§ **Requirement**:
Beneath this task is a listing. Count its lines that contain "laws" and answer with the number only.

§ **The input**:
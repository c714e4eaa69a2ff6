//! The items of an iterator, one after the other.
ghost use Rattle.std.specs.Prelude.{◌≡◌, IfOk, OnErr};
ghost use Rattle.bcder.specs.calls.Iterated.{RunsMean, RunsLack, GivesOneList};
ghost use Rattle.bcder.specs.laws.Composed.{runs_lawful};
ghost use Rattle.bcder.specs.calls.Meaning.{Joined};
ghost use Rattle.bcder.specs.calls.Noted.{ReadsNone};
ghost use Rattle.bcder.specs.laws.Joined.{Joined_lawful};

use crate::NoMemory;
use crate::encode::sizes::{Sizes, SizesLeft};
use crate::encode::slot::{Failed, store_refusal};
use crate::encode::values::parts::{Parts, add_len, note_joined, write_known_parts};
use crate::encode::values::{Encoder, Values};
use crate::encode::{EncodeError, WriteError};
use crate::mode::Mode;
use std::io;

/// An encoder of the items of an iterator, one after the other.
///
/// Each call goes over the items of a clone. Calls require that every clone gives the same finite
/// list.
#[derive(Clone, Debug, Drop)]
pub struct Iter<T> {
    value: T,
}

impl<T: IntoIterator + Clone> Iter<T> {
    /// Creates an encoder of the items of `value`.
    pub fn new(value: T) -> Self
        ensures { result ≡ record { value = value } }
    {
        Iter { value }
    }

    /// Returns the items, from a clone.
    ///
    /// # Errors
    ///
    /// Returns `NoMemory` if cloning fails, which never happens if a clone can't fail.
    pub fn items(&self) -> Result<T::IntoIter, NoMemory>
        ensures items { IfOk result (λ i. (t : T) × T.is_clone self.now.value t
            × T.into_iter_gives t i) }
        ensures refused { OnErr result (T.is_infallible self.now.value → ⊥) }
    {
        match self.value.clone() {
            Ok(copy) => Ok(copy.into_iter()),
            Err(_) => Err(NoMemory),
        }
    }
}

impl<T: IntoIterator> IntoIterator for Iter<T> {
    type Item = T::Item;

    type IntoIter = T::IntoIter;

    ghost into_iter_gives = { λ s r. T.into_iter_gives s.value r };

    fn into_iter(self) -> T::IntoIter {
        self.value.into_iter()
    }
}

impl<T: IntoIterator + Clone> Parts for Iter<T>
where
    T::Item: Values + Drop,
{
    ghost all = { λ x mode. RunsMean T.is_clone T.into_iter_gives T.IntoIter.next_gives
        (λ v. T.Item.means v mode) x.value };

    ghost may_lack = { λ x mode. RunsLack T.is_clone T.is_infallible T.into_iter_gives
        T.IntoIter.next_gives (λ v. T.Item.may_lack v mode) x.value };

    ghost reads = { λ _ _. ReadsNone };

    ghost can_encode = { λ x. GivesOneList T.is_clone T.into_iter_gives T.IntoIter.next_gives
        T.IntoIter.can_next T.IntoIter.remaining T.Item.can_encode T.Item.means x.value };

    #[tactic(auto, using(crate::proofs::Noting::nothing_noted))]
    fn note_parts<Pass>(
        &self,
        mode: Mode,
        _sizes: &mut Sizes,
    ) -> Result<Option<usize>, EncodeError> {
        let items = match self.items() {
            Ok(items) => items,
            Err(_) => return Err(EncodeError::NoMemory),
        };
        let mut sum = Some(0usize);
        for item in items {
            let len = item.encoded_len(mode)?;
            sum = add_len(sum, len);
        }
        Ok(sum)
    }

    #[tactic(auto, using(crate::proofs::Noting::none_read))]
    fn write_parts<Pass, W: io::Write>(
        &self,
        mode: Mode,
        _sizes: &mut SizesLeft<'_>,
        target: &mut W,
        why: &mut WriteError,
    ) -> Result<(), Failed> {
        let items = match self.items() {
            Ok(items) => items,
            Err(_) => return Err(store_refusal(why, EncodeError::NoMemory)),
        };
        for item in items {
            item.write_known::<Pass, _>(mode, &mut SizesLeft::none(), target, why)?;
        }
        Ok(())
    }

    ghost all_lawful = { λ x mode can. runs_lawful can mode (λ v. T.Item.lawful v mode) };
}

impl<T: IntoIterator + Clone> Encoder for Iter<T>
where
    T::Item: Values + Drop,
{
    ghost all = { λ x mode. Joined (RunsMean T.is_clone T.into_iter_gives
        T.IntoIter.next_gives (λ v. T.Item.means v mode) x.value) };

    ghost lacks = { λ x mode. RunsLack T.is_clone T.is_infallible T.into_iter_gives
        T.IntoIter.next_gives (λ v. T.Item.may_lack v mode) x.value };

    ghost takes = { λ _ _. ReadsNone };

    ghost can = { λ x. GivesOneList T.is_clone T.into_iter_gives T.IntoIter.next_gives
        T.IntoIter.can_next T.IntoIter.remaining T.Item.can_encode T.Item.means x.value };

    fn measured<Pass>(&self, mode: Mode, sizes: &mut Sizes) -> Result<usize, EncodeError> {
        note_joined::<Pass, _>(self, mode, sizes)
    }

    fn put<Pass, W: io::Write>(
        &self,
        mode: Mode,
        sizes: &mut SizesLeft<'_>,
        target: &mut W,
        why: &mut WriteError,
    ) -> Result<(), Failed> {
        write_known_parts::<Pass, _, _>(self, mode, sizes, target, why)
    }

    ghost one = { λ x mode can.
        Joined_lawful (runs_lawful can mode (λ v. T.Item.lawful v mode)) };
}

§ **Solution to this exercise**:
2